Google’s DeepMind research team has made significant progress in robotics research with the introduction of Open X-Embodiment, a database of robotics functionality created in collaboration with 33 research institutes. The team compared this new system to ImageNet, a widely-used landmark database in computer vision research. Open X-Embodiment aims to train a generalist model capable of controlling various types of robots, following diverse instructions, performing complex tasks, and effectively generalizing its knowledge.
The database currently includes over 500 skills and 150,000 tasks gathered from 22 different robot embodiments. DeepMind then trained its RT-1-X model on this data and successfully used it to train robots in other labs, achieving a 50% success rate compared to in-house methods.
Vincent Vanhoucke, the head of robotics at Google DeepMind, shared his perspective on the development of robotics research. He highlighted the increasing capability of perception technology, such as computer vision and audio processing, and its impact on the possibility of real-world robotics. Vanhoucke emphasized the necessity of strong perception for robots to operate and perform tasks effectively in everyday environments.
Regarding the integration of Everyday Robots, a robotics-focused team within Google, into DeepMind, Vanhoucke explained that collaboration between the teams has been ongoing for seven years. He discussed a skunkworks project where they worked together to explore machine learning and perception-based control of robotic grasping. This project marked a turning point in the understanding of how AI and machine learning could solve problems in robotics.
The inclusion of Everyday Robots’ work in the DeepMind robotics team reflects the belief that the general AI problem encompasses the challenges of robotics. DeepMind has shifted its focus towards solving perception, understanding, and control in the context of general AI to drive advancements in real-world robotics.

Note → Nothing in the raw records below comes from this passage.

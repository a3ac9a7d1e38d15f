//! Bytes on the heap.

ghost use Rattle.std.specs.Prelude.{◌≡◌, ◌≤◌, drop, vec_len};

use crate::listed::Listed;

/// Bytes on the heap, seen as a list.
pub type Bytes = Listed<u8>;

/// Removes the first `count` bytes. It takes no memory.
pub fn drop_front(bytes: &mut Vec<u8>, count: usize)
    requires { count ≤ vec_len bytes.old }
    ensures { bytes.new.items ≡ drop count bytes.old.items }
{
    let len = bytes.len();
    bytes.rotate_left(count);
    bytes.truncate(len - count);
}
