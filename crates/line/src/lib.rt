// Line: consumption and losses of a user and kind, on a point-day by value or lent.
#![tactic(auto)]

pub mod cells;

ghost use Rattle.std.specs.Prelude.{◌≡◌, true, List, ℕ, ◌≤◌, ◌<◌, Err, IfOk, IfSome, take};
ghost use Rattle.numbers.specs.Sums.{atZ};
ghost use Rattle.numbers.specs.Amounts.{Within};
ghost use Rattle.numbers.specs.declared.Refusal.TheVariants.{OutOfRange};
ghost use Rattle.point_day.specs.Limits.{USERS, CELLS, LIMIT};
ghost use Rattle.point_day.specs.Calls.{line};
ghost use Rattle.point_day.specs.Answers.{answer_of};
ghost use Rattle.point_day.specs.Struct.{sum_right, outcome, called};
ghost use Rattle.point_day.specs.declared.PointDay.{PointDay};
ghost use Rattle.state.specs.Places.{SlotOf, more};
ghost use Rattle.taken.specs.Tested.{Finds, FindsOf};
ghost use Rattle.line.specs.Lined.{with_cells, Tested, Stands};

use cells::LineEntry;
use numbers::Refusal;
use point_day::{Accepted, Answer, Outcome, PointDay};
use taken::State;

// What a line that passes its tests writes: the place of its cell, and the losses that it adds.
#[derive(Clone, Copy, Debug, PartialEq, Eq)]
pub struct LineEffect {
    pub place: usize,
    pub added: u64,
}

// The tests of a line on a taken point-day that is entering, of whose users this one stands at `slot`, if it has joined; `offtake` is all
// consumption and losses.
pub fn slot_test(slot: Option<usize>, offtake: u64, entry: LineEntry) -> Result<LineEffect, Refusal>
    requires { IfSome slot (λ s. s < USERS) × (offtake ≤ LIMIT) }
    ensures { (us : List ℕ) (count : ℕ) (d : PointDay) → Stands us count offtake d → SlotOf entry.user (take count us) slot → Tested entry.user entry.kind entry.consumption entry.coefficient d result }
{
    if !entry.is_right() {
        return Err(Refusal::OutOfRange);
    }
    let Some(slot) = slot else {
        return Err(Refusal::NotJoined);
    };
    let added = entry.losses_within(offtake)?;
    Ok(LineEffect {
        place: entry.place(slot),
        added,
    })
}

// The tests of a line on a taken point-day, of which `state` is the test. While entering, whole amounts are consumption and losses alone.
pub fn taken_test(state: &State, entry: LineEntry) -> Result<LineEffect, Refusal>
    requires { (state.now.count ≤ USERS) × (sum_right state.now.sum ≡ true) }
    ensures { Finds state.now (λ d. Tested entry.user entry.kind entry.consumption entry.coefficient d result) }
{
    if state.allotted {
        return Err(Refusal::WrongStage);
    }
    let slot = state::slot_of(&state.users[..state.count], entry.user);
    slot_test(slot, state.sum as u64, entry)
}

// The tests of a line on a point-day of which `test` is the test: one that is not taken is refused by 2.
pub fn line_test(test: &Result<State, Refusal>, entry: LineEntry) -> Result<LineEffect, Refusal>
    requires { IfOk test.now (λ s. (s.count ≤ USERS) × (sum_right s.sum ≡ true)) }
    ensures { FindsOf test.now (result ≡ Err OutOfRange) (λ d. Tested entry.user entry.kind entry.consumption entry.coefficient d result) }
{
    match test {
        Ok(state) => taken_test(state, entry),
        Err(_) => Err(Refusal::OutOfRange),
    }
}

// The tests of a line, that of the point-day first.
fn tests(day: &PointDay, entry: LineEntry) -> Result<LineEffect, Refusal>
    ensures { Tested entry.user entry.kind entry.consumption entry.coefficient day.now result }
{
    line_test(&taken::test_day(day), entry)
}

// A line at the place of its cell.
fn line_at(day: PointDay, place: usize, amount: u64, added: u64) -> PointDay
    requires { (place < CELLS) × (amount ≤ LIMIT) × (added ≤ LIMIT) × Within LIMIT (atZ day.consumption place) × Within LIMIT (atZ day.losses place) }
    ensures { result ≡ with_cells (more place amount day.consumption) (more place added day.losses) day }
{
    let mut consumption = day.consumption;
    let mut losses = day.losses;
    state::add_at(&mut consumption, place, amount);
    state::add_at(&mut losses, place, added);
    PointDay {
        consumption,
        losses,
        ..day
    }
}

// Line: adds consumption and losses of a user and kind, and answers the losses added.
pub fn line(day: PointDay, entry: LineEntry) -> Outcome
    ensures { outcome (answer_of result.answer) result.day ≡ called (line entry.user entry.kind entry.consumption entry.coefficient) day }
{
    match tests(&day, entry) {
        Err(refusal) => point_day::refuse(refusal, day),
        Ok(effect) => {
            let next = line_at(day, effect.place, entry.consumption, effect.added);
            point_day::accept(Accepted::LossesAdded(effect.added), next)
        }
    }
}

// Line, as an edit of a point-day that the caller lends.
pub fn line_lent(day: &mut PointDay, entry: LineEntry) -> Answer
    ensures { outcome (answer_of result) day.new ≡ called (line entry.user entry.kind entry.consumption entry.coefficient) day.old }
{
    let r = line(*day, entry);
    *day = r.day;
    r.answer
}

// Line as an edit, of a point-day that this function lends.
pub fn line_by_edit(day: PointDay, entry: LineEntry) -> Outcome
    ensures { outcome (answer_of result.answer) result.day ≡ called (line entry.user entry.kind entry.consumption entry.coefficient) day }
{
    let mut edited = day;
    let answer = line_lent(&mut edited, entry);
    Outcome {
        answer,
        day: edited,
    }
}
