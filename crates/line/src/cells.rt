// A line at its cell: its ranges, the losses it adds, and the limit on consumption and losses.
ghost use Rattle.std.specs.Prelude.{◌≡◌, ◌≤◌, ◌<◌};
ghost use Rattle.numbers.specs.Sums.{pick};
ghost use Rattle.point_day.specs.Limits.{USERS, KINDS, CELLS, LIMIT, COEFFICIENT};
ghost use Rattle.point_day.specs.Calls.{line_right};
ghost use Rattle.line.specs.Cell.{line_losses, past_limit, line_on, place, Limited};
ghost use Rattle.state.specs.Places.{more};

use numbers::Refusal;
use point_day::{CELLS, COEFFICIENT, KINDS, LIMIT, PARTS, USERS};

// The arguments of a line: a user and a kind, their consumption in kWh, and the losses on it in hundred-thousandths. (The kind is a number:
// the call refuses one that is none, in its place among the tests.)
#[derive(Clone, Copy, Debug, PartialEq, Eq)]
pub struct LineEntry {
    pub user: u16,
    pub kind: u8,
    pub consumption: u64,
    pub coefficient: u64,
}

impl LineEntry {
    // Whether the arguments are in their ranges.
    #[tactic(auto, unfolding(point_day::specs::Calls::line_right))]
    pub fn is_right(self) -> bool
        ensures { result ≡ line_right self.user self.kind self.consumption self.coefficient }
    {
        self.user != 0
            && 1 <= self.kind
            && self.kind as usize <= KINDS
            && self.consumption <= LIMIT
            && self.coefficient <= COEFFICIENT
    }

    // The losses that the line adds.
    pub fn losses(self) -> u64
        requires { (self.consumption ≤ LIMIT) × (self.coefficient ≤ COEFFICIENT) }
        ensures { (result ≡ line_losses self.consumption self.coefficient) × (result ≤ LIMIT) }
    {
        numbers::nearest(self.consumption * self.coefficient, PARTS)
    }

    // The losses that the line adds, unless they and its consumption would take `offtake`, all consumption and losses so far, past the limit.
    pub fn losses_within(self, offtake: u64) -> Result<u64, Refusal>
        requires { (self.consumption ≤ LIMIT) × (self.coefficient ≤ COEFFICIENT) × (offtake ≤ LIMIT) }
        ensures { result ≡ line_on offtake self.consumption self.coefficient }
    {
        let added = self.losses();
        if LIMIT < offtake + (self.consumption + added) {
            return Err(Refusal::AboveLimit);
        }
        Ok(added)
    }

    // The cell of the line's kind, of the user of a slot.
    pub fn place(self, slot: usize) -> usize
        requires { (slot < USERS) × (1 ≤ self.kind) × (self.kind ≤ KINDS) }
        ensures { (result ≡ place slot self.kind) × (result < CELLS) }
    {
        KINDS * slot + (self.kind as usize - 1)
    }
}

// A line at its cell of the user of a slot, on lent arrays; `offtake` is all their consumption and losses so far. The answer is the losses
// that it added.
pub fn line_cell(
    consumption: &mut [i64; CELLS],
    losses: &mut [i64; CELLS],
    slot: usize,
    entry: LineEntry,
    offtake: u64,
) -> Result<u64, Refusal>
    requires slot_bound { (slot < USERS) × (1 ≤ entry.kind) × (entry.kind ≤ KINDS) × (entry.consumption ≤ LIMIT) × (entry.coefficient ≤ COEFFICIENT) × (offtake ≤ LIMIT) }
    requires limited { Limited consumption.old × Limited losses.old }
    ensures value { result ≡ line_on offtake entry.consumption entry.coefficient }
    ensures consumption_after { consumption.new ≡ pick (past_limit offtake entry.consumption entry.coefficient) consumption.old (more (place slot entry.kind) entry.consumption consumption.old) }
    ensures losses_after { losses.new ≡ pick (past_limit offtake entry.consumption entry.coefficient) losses.old (more (place slot entry.kind) (line_losses entry.consumption entry.coefficient) losses.old) }
{
    let added = entry.losses_within(offtake)?;
    let i = entry.place(slot);
    state::add_at(consumption, i, entry.consumption);
    state::add_at(losses, i, added);
    Ok(added)
}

Q: What is Open X-Embodiment?
A: Open X-Embodiment is a database of robotics functionality developed by Google’s DeepMind research team in collaboration with 33 research institutes. It aims to train a generalist model capable of controlling different types of robots and performing a variety of tasks.
Q: What is the purpose of Open X-Embodiment?
A: The purpose of Open X-Embodiment is to advance robotics research by providing a repository of diverse robot demonstrations. It serves as a resource to train robots to perform complex tasks, follow instructions, and generalize effectively.
Q: What is the significance of DeepMind’s RT-1-X model?
A: DeepMind’s RT-1-X model is trained on the Open X-Embodiment data and has shown a 50% success rate in training robots in other labs. It showcases the potential of the generalist model for controlling robots and highlights the effectiveness of the Open X-Embodiment database.
Q: How has collaboration between Everyday Robots and DeepMind contributed to robotics research?
A: Collaboration between Everyday Robots and DeepMind has been ongoing for seven years. The teams have worked together on projects exploring machine learning and perception-based control of robotic grasping. This collaboration has paved the way for advancements in solving problems in robotics using AI and machine learning techniques.